The emulsion stability and the structure of emulsions containing the synthesized biopolymer were examined. Model emulsions of the type oil-in-water (o/w) containing the polysaccharide were prepared. Sunflower oil was used as a commercially available product, and 50 % was the portion of oil. Polysaccharide concentrations (in percent) 0.5; 1.0; 1.5; 2.0; and 2.5 with respect to the aqueous phase were prepared. The homogenization was carried out by homogenizer POLYTRON (Kinematica GmbH, Kriens-Luzern, Switzerland). The stability of the emulsion was assessed by its behavior following centrifugation carried out for 20 min at speed 50 rotations per second. The amounts of separated oil and water and the amount of the stable emulsion were measured. The quality of the resultant emulsion was registered by emulsification index and by dispersity index. The emulsification index indicated as E (%) was defined as percent height of the stable emulsion to the total fluid layer height, as reported previously by Yun and Park (2003). A dispersity index was defined as inverse translucence T (percent), and translucence was determined as an estimate of the dispersion structure, e.g., particle size. Low T revealed fine dispersion structure and stable system, while high T revealed coarse particles and unstable dispersion. In this study, T was measured by Shimadzu spectrophotometer (UV/VIS-12404, Japan) at wave length λ = 540 nm.
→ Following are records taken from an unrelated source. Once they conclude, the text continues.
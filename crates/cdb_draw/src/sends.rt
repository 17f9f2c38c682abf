//! Where each message was sent, where each copy was received or lost, and where each process crashed.

ghost use Rattle.std.specs.HashMap.{get};
ghost use Rattle.std.specs.Prelude.{◌≡◌, ◌<◌, ◌^◌, ◌*◌, ℕ, List, nat_eq, IfOk, OnOk};
ghost use Rattle.cdb_base.specs.declared.event.Event.{Event as EventName};
ghost use Rattle.cdb_draw.specs.Positions.{crashed_at, is_crash_of, passed_at, transit_of};
ghost use Rattle.cdb_draw.specs.Sends.{ArePlaces, Fits, HasNoted, kept_or_noted, message_code, transit_code};

use cdb_base::{CopyName, Event, Kind, MsgName, NoMemory, Proc};
use std::alloc::Global;
use std::collections::HashMap;

/// What an event does with a message.
#[derive(Clone, Copy)]
pub(crate) enum Transit {
    /// It sends the message.
    Sent(MsgName),
    /// It receives or loses that copy.
    Taken(CopyName),
}

/// The positions at which messages were sent and copies received or lost, by the numbers of their names.
pub(crate) type Places = HashMap<u32, usize>;

/// A number for the name of a message.
fn message_code(name: MsgName) -> u32
    ensures value { result ≡ message_code name }
    ensures small { name.m < 2 ^ 16 }
    ensures most { result < 10 * 2 ^ 16 }
{
    u32::from(name.s.number()) * 65_536 + u32::from(name.m)
}

/// One for a message or a copy.
fn transit_code(transit: Transit) -> u32
    ensures value { result ≡ transit_code transit }
    ensures fits { Fits transit }
{
    match transit {
        Transit::Sent(name) => message_code(name) * 16,
        Transit::Taken(copy) => message_code(copy.msg) * 16 + u32::from(copy.to.number()),
    }
}

/// What an event does with a message, if it does something.
fn transit_of(event: &Event) -> Option<Transit>
    ensures { result ≡ transit_of event.now }
{
    match *event {
        Event::Step { p, kind, .. } => match kind {
            Kind::Send(m) => Some(Transit::Sent(MsgName { s: p, m })),
            Kind::Recv(s, m) => Some(Transit::Taken(CopyName {
                msg: MsgName { s, m },
                to: p,
            })),
            _ => None,
        },
        Event::Lost(copy) => Some(Transit::Taken(copy)),
    }
}

/// Notes a position under a number, where none is noted yet.
fn note(places: &mut Places, code: u32, position: usize) -> Result<(), NoMemory>
    ensures { OnOk result ((q : ℕ) →
        get nat_eq places.new q ≡ kept_or_noted (get nat_eq places.old q) (nat_eq code q) position) }
{
    let _noted = places.entry(code)?.or_insert(position);
    Ok(())
}

/// Notes the position of an event, where it does something with a message.
fn note_event(places: &mut Places, event: &Event, position: usize) -> Result<(), NoMemory>
    ensures { OnOk result (HasNoted places.old places.new position event.now) }
{
    match transit_of(event) {
        Some(transit) => note(places, transit_code(transit), position),
        None => Ok(()),
    }
}

/// The places of a history.
pub(crate) fn places_of(alloc: Global, events: &[Event]) -> Result<Places, NoMemory>
    ensures { IfOk result (λ places. ArePlaces places events.now) }
{
    let mut places = HashMap::new(alloc);
    for i in 0..events.len() {
        note_event(&mut places, &events[i], i + 1)?;
    }
    Ok(places)
}

/// The position at which a message was sent, or a copy received or lost, from 1.
pub(crate) fn place_of(places: &Places, transit: Transit) -> Option<usize>
    ensures { (history : List EventName) → ArePlaces places.now history →
        result ≡ passed_at history transit }
{
    places.get(&transit_code(transit)).copied()
}

/// Whether the event is a crash of process `p`.
fn is_crash_of(event: &Event, p: Proc) -> bool
    ensures { result ≡ is_crash_of p event.now }
{
    match *event {
        Event::Step {
            p: q,
            kind: Kind::Crash,
            ..
        } => q == p,
        _ => false,
    }
}

/// The position at which a process crashed, from 1.
pub(crate) fn crashed_at(events: &[Event], p: Proc) -> Option<usize>
    ensures { result ≡ crashed_at events.now p }
{
    let crash = events.iter().position(|event| is_crash_of(event, p))?;
    Some(crash + 1)
}
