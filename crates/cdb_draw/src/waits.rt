//! Messages on their way.

ghost use Rattle.cdb_draw.specs.Arrows.{on_way_text, some_wait, stub_text, waiter_text, waits};
ghost use Rattle.cdb_draw.specs.Layout.{IsGrid};
ghost use Rattle.cdb_draw.specs.Pieces.{piece_text, pieces_text};
ghost use Rattle.cdb_draw.specs.Sends.{ArePlaces};
ghost use Rattle.cdb_text.specs.Pushes.{Pushes};
ghost use Rattle.std.specs.Prelude.{◌≡◌, ◌≤◌};

use crate::layout::{Grid, spot};
use crate::piece::Piece::{After, Between, Text};
use crate::piece::{Piece, push_each};
use crate::sends::{Places, Transit, place_of};
use crate::weight::Weight;
use cdb_base::limits::MAX_ENTRIES;
use cdb_base::{CopyName, Event, MsgName, Proc};
use std::alloc::AllocError;

/// Whether the copy of a message for process `p` was neither received nor lost.
fn waits(grid: Grid, events: &[Event], places: &Places, name: &MsgName, p: u8) -> bool
    requires from_one { 1 ≤ p }
    requires to_nine { p ≤ 9 }
    requires places { ArePlaces places.now events.now }
    ensures { result ≡ waits grid events.now name.now p }
{
    let copy = CopyName {
        msg: *name,
        to: Proc::new(p),
    };
    usize::from(p) <= grid.processes && place_of(places, Transit::Taken(copy)).is_none()
}

/// Whether one was.
fn some_wait(grid: Grid, events: &[Event], places: &Places, name: &MsgName) -> bool
    requires places { ArePlaces places.now events.now }
    ensures { result ≡ some_wait grid events.now name.now }
{
    waits(grid, events, places, name, 1)
        || waits(grid, events, places, name, 2)
        || waits(grid, events, places, name, 3)
        || waits(grid, events, places, name, 4)
        || waits(grid, events, places, name, 5)
        || waits(grid, events, places, name, 6)
        || waits(grid, events, places, name, 7)
        || waits(grid, events, places, name, 8)
        || waits(grid, events, places, name, 9)
}

/// Process `p`, where the copy for it waits.
fn waiter(grid: Grid, events: &[Event], places: &Places, name: &MsgName, p: u8) -> Piece<'static>
    requires from_one { 1 ≤ p }
    requires to_nine { p ≤ 9 }
    requires places { ArePlaces places.now events.now }
    ensures { piece_text result ≡ waiter_text grid events.now name.now p }
{
    if waits(grid, events, places, name, p) {
        After(" ", usize::from(p))
    } else {
        Text("")
    }
}

/// The stub of a message that was sent at a position, and the receivers that wait.
#[tactic(auto, unfolding(crate::specs::Arrows::stub_text))]
fn stub(
    grid: Grid,
    events: &[Event],
    places: &Places,
    weight: Weight,
    position: usize,
    name: &MsgName,
) -> [Piece<'static>; 16]
    requires grid { IsGrid grid }
    requires position { position ≤ MAX_ENTRIES }
    requires places { ArePlaces places.now events.now }
    ensures { pieces_text result ≡ stub_text grid events.now weight position name.now }
{
    let at = spot(grid, position, name.s);
    [
        Text("<g class='wait "),
        Text(weight.class()),
        Text("' transform='translate("),
        Between(at.x, ",", at.y),
        Text(")'><path d='M0,0L22,9'/><text class='note' y='33'>to"),
        waiter(grid, events, places, name, 1),
        waiter(grid, events, places, name, 2),
        waiter(grid, events, places, name, 3),
        waiter(grid, events, places, name, 4),
        Text("</text><text class='note' y='44'>"),
        waiter(grid, events, places, name, 5),
        waiter(grid, events, places, name, 6),
        waiter(grid, events, places, name, 7),
        waiter(grid, events, places, name, 8),
        waiter(grid, events, places, name, 9),
        Text("</text></g>\n"),
    ]
}

/// Adds the stub of a message that was sent at a position, where copies of it wait.
pub(crate) fn push_on_way(
    text: &mut String,
    grid: Grid,
    events: &[Event],
    places: &Places,
    weight: Weight,
    position: usize,
    name: &MsgName,
) -> Result<(), AllocError>
    requires grid { IsGrid grid }
    requires position { position ≤ MAX_ENTRIES }
    requires places { ArePlaces places.now events.now }
    ensures { Pushes result text.old text.new (on_way_text grid events.now weight position name.now) }
{
    if some_wait(grid, events, places, name) {
        push_each(text, &stub(grid, events, places, weight, position, name))
    } else {
        Ok(())
    }
}
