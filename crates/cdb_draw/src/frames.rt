//! The frames of a script: the picture of the run after each of its commands that changed it, for slides.

ghost use Rattle.std.specs.Prelude.{◌≡◌, ◌+◌, ◌<◌, ◌≤◌, [], ◌∷◌, ◌++◌, Some, length, slice_get, All};
ghost use Rattle.std.specs.Prelude.{take, IfErr, IfOk, OnOk};
ghost use Rattle.cdb_agreement.specs.Algorithms.{rules};
ghost use Rattle.cdb_commands.specs.ReplyView.{reply_view};
ghost use Rattle.cdb_control.specs.Journal.{extended, reply_in};
ghost use Rattle.cdb_control.specs.OneSeat.{carried_out, HasCarriedOut};
ghost use Rattle.cdb_draw.specs.Frames.{AreFramesOf, frame_at, frame_weights, frames_of, IsFaultOfFrames};
ghost use Rattle.cdb_draw.specs.Frames.{IsFaultOfFinding, IsFrameOf, room_of, took_by};
ghost use Rattle.cdb_explain.specs.RunLeft.{run_of};
ghost use Rattle.cdb_rules.specs.ByRules.{IsInOrder};

use crate::layout::{MOST_DRAWN, grid_of};
use crate::picture::weighed_picture;
use crate::weight::Weight;
use cdb_any_run::AnyRun;
use cdb_base::NoMemory;
use cdb_base::limits::MAX_ENTRIES;
use cdb_control::{CallFault, Command, Control, Reply, open_for};
use cdb_explain::{AnswerFault, control_after, read_both};
use cdb_rules::{Runs, Trace};
use cdb_setup::Setup;
use std::alloc::Global;
use std::marker::Model;

/// A frame of a script.
#[derive(Clone, Copy)]
pub(crate) struct Frame {
    /// How many commands were carried out.
    pub commands: usize,
    /// How many events stand then.
    pub events: usize,
    /// Whether the last command took an event; else it took some out.
    pub took: bool,
}

/// Whether a command took an event or took some out; nothing where it left the run as it was.
fn took_by(reply: &Reply) -> Option<bool>
    ensures { result ≡ took_by (reply_view reply.now) }
{
    match reply {
        Reply::Stepped { .. } | Reply::Redone { .. } => Some(true),
        Reply::Undone(_) | Reply::RolledBack(_) => Some(false),
        _ => None,
    }
}

/// Carries a command out for the only seat, and tells what it did to the run, as `took_by` does.
fn carry_out(
    alloc: Global,
    control: &mut Control<AnyRun>,
    command: Command,
) -> Result<Option<bool>, NoMemory>
    requires seats { control.old.seats ≡ 1 }
    requires room { length control.old.journal < MAX_ENTRIES }
    ensures done { OnOk result (control.new ≡ extended rules control.old 1 command) }
    ensures took { IfOk result (λ took. took ≡ took_by (reply_in rules control.old 1 command)) }
{
    match control.execute(alloc, 1, command) {
        Ok(reply) => {
            let took = took_by(&reply);
            reply.close();
            Ok(took)
        }
        Err(CallFault::JournalFull) => unreachable!(),
        Err(CallFault::NoMemory(refused)) => Err(refused),
    }
}

/// Adds a frame.
fn push_frame(frames: &mut Vec<Frame>, frame: Frame) -> Result<(), NoMemory>
    ensures { OnOk result (frames.new.items ≡ frames.old.items ++ frame ∷ []) }
{
    frames.push(frame)?;
    Ok(())
}

/// Carries the command at this position of a script out, from 0, for the only seat of a control that has carried out
/// those before it, and adds the frame after it, where it changed the run. `TooManyEvents` where more than 5,000
/// events stand then.
fn add_next(
    alloc: Global,
    control: &mut Control<AnyRun>,
    commands: &[Command],
    i: usize,
    frames: &mut Vec<Frame>,
) -> Result<(), AnswerFault>
    requires few { length commands.now ≤ MAX_ENTRIES }
    requires i { i < length commands.now }
    requires before { HasCarriedOut control.old.setup (take i commands.now) control.old }
    ensures setup { OnOk result (control.new.setup ≡ control.old.setup) }
    ensures carried { OnOk result
        (HasCarriedOut control.old.setup (take (i + 1) commands.now) control.new) }
    ensures frames { OnOk result ((frames.new.items
        ≡ frames.old.items ++ frame_at rules control.old.setup commands.now (i + 1))
        × (All (IsFrameOf rules control.old.setup commands.now) frames.old.items
        → All (IsFrameOf rules control.old.setup commands.now) frames.new.items)) }
    ensures fault { IfErr result (IsFaultOfFinding rules control.old.setup commands.now) }
{
    let Some(took) = carry_out(alloc, control, commands[i])? else {
        return Ok(());
    };
    let standing = control.run().events(alloc)?;
    let events = standing.as_slice().len();
    if events > MOST_DRAWN {
        return Err(AnswerFault::TooManyEvents);
    }
    let frame = Frame {
        commands: i + 1,
        events,
        took,
    };
    push_frame(frames, frame)?;
    Ok(())
}

/// The frames of commands, which are carried out one after the other for the only seat of a control in which nothing
/// has happened.
fn find_each(
    alloc: Global,
    control: &mut Control<AnyRun>,
    commands: &[Command],
) -> Result<Vec<Frame>, AnswerFault>
    requires few { length commands.now ≤ MAX_ENTRIES }
    requires new { HasCarriedOut control.old.setup [] control.old }
    ensures frames { IfOk result
        (λ frames. frames.items ≡ frames_of rules control.old.setup commands.now) }
    ensures each { IfOk result
        (λ frames. All (IsFrameOf rules control.old.setup commands.now) frames.items) }
    ensures fault { IfErr result (IsFaultOfFinding rules control.old.setup commands.now) }
{
    let mut frames = Vec::new(alloc);
    for i in 0..commands.len() {
        add_next(alloc, control, commands, i, &mut frames)?;
    }
    Ok(frames)
}

/// The frames of commands of this setup.
fn find_frames(
    alloc: Global,
    setup: &Setup,
    commands: &[Command],
) -> Result<Vec<Frame>, AnswerFault>
    requires few { length commands.now ≤ MAX_ENTRIES }
    ensures frames { IfOk result (λ frames. frames.items ≡ frames_of rules setup.now commands.now) }
    ensures each { IfOk result (λ frames. All (IsFrameOf rules setup.now commands.now) frames.items) }
    ensures fault { IfErr result (IsFaultOfFinding rules setup.now commands.now) }
{
    let mut control = open_for::<AnyRun>(alloc, setup.copy(alloc)?, commands.len() as u32)?;
    let found = find_each(alloc, &mut control, commands);
    control.close();
    found
}

/// The most events of a frame.
fn room_of(frames: &[Frame]) -> usize
    ensures { result ≡ room_of frames.now }
{
    frames.iter().map(|frame| frame.events).max().unwrap_or(0)
}

/// How strongly each of so many events is drawn, the last of which a command took, or not.
fn weights_of(alloc: Global, took: bool, events: usize) -> Result<Vec<Weight>, NoMemory>
    ensures weights { IfOk result (λ weights. weights.items ≡ frame_weights took events) }
    ensures each { IfOk result (λ weights. length weights.items ≡ events) }
{
    if !took || events == 0 {
        return Ok(Vec::from_elem(alloc, Weight::Full, events)?);
    }
    let mut weights = Vec::from_elem(alloc, Weight::Full, events - 1)?;
    weights.push(Weight::Bold)?;
    Ok(weights)
}

/// What stands in the run that commands leave.
fn standing_after(alloc: Global, setup: &Setup, commands: &[Command]) -> Result<Trace, NoMemory>
    requires { length commands.now ≤ MAX_ENTRIES }
    ensures is { IfOk result (λ run. run ≡ run_of rules (carried_out setup.now commands.now)) }
    ensures valid { IfOk result (IsInOrder rules) }
{
    let control = control_after::<AnyRun>(alloc, setup.copy(alloc)?, commands)?;
    let (setup, history) = control.into_run().into_parts();
    Trace::new(alloc, setup, history)
}

/// The frames of a script: one for each command that changed the run, all on a canvas with room for the run of most
/// events. A contract sees the pictures, in the order of the commands.
#[derive(Drop)]
pub struct Frames {
    setup: Setup,
    commands: Vec<Command>,
    columns: u32,
    frames: Vec<Frame>,
    /// The most events of a frame.
    room: usize,
}

impl Model for Frames {
    ghost use Rattle.std.specs.Prelude.{◌≡◌, ℕ, ◌≤◌, List, length, map};
    ghost use Rattle.std.specs.List.{All};
    ghost use Rattle.cdb_agreement.specs.Algorithms.{rules};
    ghost use Rattle.cdb_base.specs.Limits.{MAX_ENTRIES};
    ghost use Rattle.cdb_draw.specs.Frames.{frame_text, IsFrameOf, room_of};

    ghost Value = { List (List ℕ) };

    ghost view = { λ it. map (frame_text rules it.setup it.commands.items it.columns it.room) it.frames.items };

    ghost invariant = { λ it. (length it.commands.items ≤ MAX_ENTRIES) × (it.room ≤ MAX_ENTRIES)
        × All (IsFrameOf rules it.setup it.commands.items) it.frames.items };
}

impl Frames {
    /// Reads a setup and then a script, and carries its commands out, without their replies. The pictures have
    /// `columns` columns to a row; with 0 all events are in one row. `TooManyEvents` where more than 5,000 events stand
    /// after a command that changed the run; the other faults are those of a play, without `Read` and `Write`.
    ///
    /// Promise: The frames of a script are the pictures of the run after each of its commands that took an event or
    /// took some out, in order: what stands then and nothing else, with the event that the command took in bold, on a
    /// canvas that has room for each.
    pub fn read(
        alloc: Global,
        setup: &[u8],
        script: &[u8],
        columns: u32,
    ) -> Result<Self, AnswerFault>
        ensures frames { IfOk result (AreFramesOf rules setup.now script.now columns) }
        ensures fault { IfErr result (IsFaultOfFrames rules setup.now script.now) }
    {
        let (setup, commands) = read_both(alloc, setup, script)?;
        let frames = find_frames(alloc, &setup, commands.as_slice())?;
        let room = room_of(frames.as_slice());
        Ok(Frames {
            setup,
            commands,
            columns,
            frames,
            room,
        })
    }

    /// How many there are.
    pub fn len(&self) -> usize
        ensures { result ≡ length self.now }
    {
        self.frames.len()
    }

    /// The picture of a frame, from 0. Only out of memory is an error.
    pub fn picture(&self, alloc: Global, i: usize) -> Result<Vec<u8>, NoMemory>
        requires { i < length self.now }
        ensures { IfOk result (λ text. slice_get self.now i ≡ Some text.items) }
    {
        let frame = self.frames[i];
        let run = standing_after(alloc, &self.setup, &self.commands[..frame.commands])?;
        let grid = grid_of(&self.setup, self.columns as usize, self.room);
        let weights = weights_of(alloc, frame.took, run.events().len())?;
        weighed_picture::<AnyRun>(alloc, grid, &run, weights.as_slice())
    }
}
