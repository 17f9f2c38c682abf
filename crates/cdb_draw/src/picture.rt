//! The picture of a run: lanes, the arrows of all events, and then their marks.

ghost use Rattle.std.specs.Prelude.{◌≡◌, ◌≤◌, length, IfOk};
ghost use Rattle.cdb_draw.specs.Layout.{IsGrid};
ghost use Rattle.cdb_draw.specs.Picture.{arrows_text, document_text, head_text, heading_text, marks_text, picture_text};
ghost use Rattle.cdb_draw.specs.Pieces.{piece_text, pieces_text};
ghost use Rattle.cdb_rules.specs.ByRules.{IsInOrder};
ghost use Rattle.cdb_text.specs.Pushes.{Pushes};

use crate::arrow::push_arrow;
use crate::lanes::push_lanes;
use crate::layout::{Grid, height, width};
use crate::mark::push_mark;
use crate::piece::Piece::{After, Number, Text};
use crate::piece::{Piece, push_each};
use crate::sends::places_of;
use crate::style::{NAMESPACE, SHAPES, STYLE};
use crate::weight::Weight;
use cdb_base::NoMemory;
use cdb_base::limits::MAX_ENTRIES;
use cdb_deeds::{HasDeeds, ReceivedNames};
use cdb_explain::{fresh, next_deed, play_on};
use cdb_rules::{Runs, Trace};
use cdb_setup::Algorithm;
use std::alloc::Global;

/// The algorithm, and the leader's quorum.
fn heading(algorithm: Algorithm, quorum: usize) -> Piece<'static>
    ensures { piece_text result ≡ heading_text algorithm quorum }
{
    match algorithm {
        Algorithm::Leader => After("leader, quorum ", quorum),
        Algorithm::Alpha => Text("alpha"),
    }
}

/// What comes before the lanes: the size, how things are drawn, the shapes of marks, and the heading.
#[tactic(auto, unfolding(crate::specs::Picture::document_text))]
fn document(w: usize, h: usize, heading: Piece<'static>) -> [Piece<'static>; 13]
    requires { w ≤ 13_000_024 }
    ensures { pieces_text result ≡ document_text w h (piece_text heading.entry) }
{
    [
        Text(NAMESPACE),
        Text("width='"),
        Number(w),
        Text("mm' viewBox='0 0 "),
        Number(4 * w),
        Text(" "),
        Number(h),
        Text("'>\n"),
        Text(STYLE),
        Text(SHAPES),
        Text("<text class='heading' x='8' y='16'>"),
        heading,
        Text("</text>\n"),
    ]
}

/// The same for a run.
fn head(grid: Grid, run: &Trace) -> [Piece<'static>; 13]
    requires { IsGrid grid }
    ensures { pieces_text result ≡ head_text grid run.now }
{
    let setup = run.setup();
    let heading = heading(setup.algorithm(), usize::from(setup.q()));
    document(width(grid), height(grid), heading)
}

/// Adds the arrows of all events.
fn push_arrows(
    alloc: Global,
    text: &mut String,
    grid: Grid,
    run: &Trace,
    weights: &[Weight],
) -> Result<(), NoMemory>
    requires grid { IsGrid grid }
    requires few { length run.now.history ≤ MAX_ENTRIES }
    requires a_weight_each { length weights.now ≡ length run.now.history }
    ensures { Pushes result text.old text.new (arrows_text grid run.now weights.now) }
{
    let events = run.events();
    let places = places_of(alloc, events)?;
    for i in 0..events.len() {
        let event = &events[i];
        push_arrow(text, grid, events, &places, weights[i], i + 1, event)?;
    }
    Ok(())
}

/// Adds the marks of all events. The run is played again, event by event, and asked when that is soonest answered.
fn push_marks<T: HasDeeds>(
    alloc: Global,
    text: &mut String,
    grid: Grid,
    run: &Trace,
    weights: &[Weight],
) -> Result<(), NoMemory>
    requires valid { IsInOrder T.rules run.now }
    requires grid { IsGrid grid }
    requires few { length run.now.history ≤ MAX_ENTRIES }
    requires a_weight_each { length weights.now ≡ length run.now.history }
    ensures { Pushes result text.old text.new (marks_text T.rules grid run.now weights.now) }
{
    let mut whole = String::new(alloc);
    let mut again = fresh::<T>(alloc, run)?;
    let mut names = ReceivedNames::none(alloc)?;
    let events = run.events();
    for i in 0..events.len() {
        let deed = next_deed(alloc, &again, &names, run, i)?;
        play_on(alloc, &mut again, &mut names, run, i)?;
        push_mark(
            alloc,
            text,
            grid,
            &deed,
            &again,
            weights[i],
            i + 1,
            &events[i],
            &mut whole,
        )?;
    }
    Ok(())
}

/// The picture in which the events are drawn in these weights. Only out of memory is an error.
pub(crate) fn weighed_picture<T: HasDeeds>(
    alloc: Global,
    grid: Grid,
    run: &Trace,
    weights: &[Weight],
) -> Result<Vec<u8>, NoMemory>
    requires valid { IsInOrder T.rules run.now }
    requires grid { IsGrid grid }
    requires processes { grid.processes ≡ run.now.setup.processes }
    requires few { length run.now.history ≤ MAX_ENTRIES }
    requires a_weight_each { length weights.now ≡ length run.now.history }
    ensures { IfOk result (λ text. text.items ≡ picture_text T.rules grid run.now weights.now) }
{
    let mut text = String::new(alloc);
    push_each(&mut text, &head(grid, run))?;
    push_lanes(&mut text, grid, run)?;
    push_arrows(alloc, &mut text, grid, run, weights)?;
    push_marks::<T>(alloc, &mut text, grid, run, weights)?;
    text.push_str("</svg>\n")?;
    Ok(text.into_bytes())
}
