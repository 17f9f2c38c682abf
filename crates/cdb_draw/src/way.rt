//! The ways of the arrows of messages.

ghost use Rattle.std.specs.Prelude.{◌≡◌, ◌≤◌};
ghost use Rattle.cdb_draw.specs.Ways.{coming, leaving, passing, side_of};

use cdb_base::Proc;

/// On which side of the sender the receiver is.
#[derive(Clone, Copy)]
pub enum Side {
    Below,
    Above,
    Own,
}

/// On which side of process `s` process `p` is.
pub(crate) fn side_of(s: Proc, p: Proc) -> Side
    ensures { result ≡ side_of s p }
{
    if s == p {
        Side::Own
    } else if s.number() < p.number() {
        Side::Below
    } else {
        Side::Above
    }
}

/// The first bend of a way, seen from the lane of the sender.
pub(crate) fn leaving(side: Side, y: usize) -> usize
    requires least { 80 ≤ y }
    requires most { y ≤ 820_001_000 }
    ensures { result ≡ leaving side y }
{
    match side {
        Side::Below | Side::Own => y + 22,
        Side::Above => y - 22,
    }
}

/// The second one.
pub(crate) fn passing(side: Side, y: usize) -> usize
    requires least { 80 ≤ y }
    requires most { y ≤ 820_001_000 }
    ensures { result ≡ passing side y }
{
    match side {
        Side::Below => y + 66,
        Side::Above => y - 66,
        Side::Own => y + 44,
    }
}

/// The last one, seen from the lane of the receiver.
pub(crate) fn coming(side: Side, y: usize) -> usize
    requires least { 80 ≤ y }
    requires most { y ≤ 820_001_000 }
    ensures { result ≡ coming side y }
{
    match side {
        Side::Below => y - 22,
        Side::Above => y + 22,
        Side::Own => y + 44,
    }
}
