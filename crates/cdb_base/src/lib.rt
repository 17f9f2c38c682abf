//! Names, values, events and refusals of the debugger: plain types with their ranges; and the start of a thread.
//!
//! ```text
//! let process = Proc::new(2);
//! let step = StepName { p: process, k: 11 };
//! let value = Val::new(5);
//! ```
#![tactic(auto)]

pub mod act;
pub mod event;
pub mod limits;
pub mod name;
pub mod no_memory;
pub mod payload;
pub mod proc_view;
pub mod question;
pub mod refusal;
pub mod register;
pub mod request;
pub mod start;
pub mod value;

pub use act::Act;
pub use event::{Event, Kind};
pub use name::{CopyName, MsgName, Proc, StepId, StepName};
pub use no_memory::{LibraryError, NoMemory};
pub use payload::Payload;
pub use proc_view::ProcView;
pub use question::{Question, StepAsked};
pub use refusal::Refusal;
pub use register::{Cell, Reg};
pub use request::Request;
pub use value::Val;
The glucomannan interaction with water was studied. The EPS involvement in colloidal dispersion systems is generally water-based, and hence its interaction with water is important. The EPS equilibrium moisture was determined. The static gravimetric method (Wolf et al. 1985) using saturated water solutions of LiCl, CH3COOK, MgCl2, K2CO3, Mg(NO3)2, SrCl2, NaBr, NaCl, KCl, and BaCl2 with known water activity (a w) was employed. The EPS samples were placed in glass vessels over the saturated solution at constant temperature of 20 °C. The sorption isotherms of the polysaccharide were measured, and the constants of BET Eq. (3) were determined by interpolation:

$$ \frac{1}{{{X_{\mathrm{w}}}}}.\frac{{{a_{\mathrm{w}}}}}{{1-{a_{\mathrm{w}}}}}=\frac{1}{{{X_{\mathrm{w},\mathrm{a}}}.B}}+\frac{B-1 }{{{X_{\mathrm{w},\mathrm{a}}}.B}}.{a_{\mathrm{w}}} $$
(3)

where X w is the overall moisture content, X w,a is the monolayer moisture content in grams per gram dry matter, a w stands for water activity, and B is the BET constant.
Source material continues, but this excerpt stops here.